A repaving test on a short stretch of northbound Highway 1 — just north of the intersection with Moonstone Beach Drive — has been deemed a success and is a harbinger of things to come on about 25 miles of the scenic highway from Cambria to the Monterey County line, according to Tim Gubbins, director of Caltrans District 5.

A complete resurfacing of the highway’s especially rough surface is to “begin in the next few weeks and take a few weeks to complete, weather permitting,” according to the agency’s news release Tuesday, Oct. 8.

CalPortland of Santa Maria applied the sand-seal test Monday to about 100 yards of the previously bumpy surface, which had been chip-sealed last year with larger-than-usual aggregate rocks, producing a rough ride for cyclists and bombardment with loose rocks for all traffic.

The firm also is to do the complete $1.5 million Caltrans resurfacing project.

People are to be notified regularly about the progress of the project on the federally designated All-American Road, especially if lane closures are needed.

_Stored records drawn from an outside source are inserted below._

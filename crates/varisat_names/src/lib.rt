//! The settings of a solver, and its variables: names of the user, the global variables that they lead to, and solver
//! variables.
#![tactic(auto)]

pub mod config;
pub mod variables;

Members of Cambria’s Slabtown Rollers Cycling Club took a spin on the newly redone surface Tuesday.

Tom Parsons said he and Bill Cook had just ridden across the area, and Parsons deemed it “much better than the area not treated.”

However, Cook still had some reservations after riding with Parsons and walking the area later in the day.

“I’m unsure what to think. It doesn’t seem as smooth as test sections on Highway 198” in July.

He was interested in what a Plan B might be.

Jim Rogers said, “I noticed a difference, particularly when I rolled off the test section and onto the old chip seal. However, I don’t believe the job filled in around the rocks as well as I expected.”

Rogers wondered how much of the sand was going to stay put.

“There is still a great deal of loose, dry sand on the shoulder, and that definitely cushions the ride. Once the sand is gone, what will be left? We should ask to have the sand swept clear” so riders can “properly test” the new surface.

Tom Kennedy, who has ridden that stretch twice a week for more than eight years, said the sand sealing “is an improvement, no bones about it.” But “it’s definitely not as nice as it was before the chip seal. Large rocks still protrude above the surface, and no amount of bicycle traffic will smooth them out.” He suggested that, “a small amount of additional sand and asphalt emulsion would do the trick. Just 3⁄32 of an inch more would take the bumpiness out.”

Sand sealing, a sprayed application of asphalt emulsion followed by a covering of clean sand or fine aggregate, got the thumbs-up from Caltrans, UC Davis pavement researchers and cyclists who took a test ride in July on variously treated segments of Highway 198.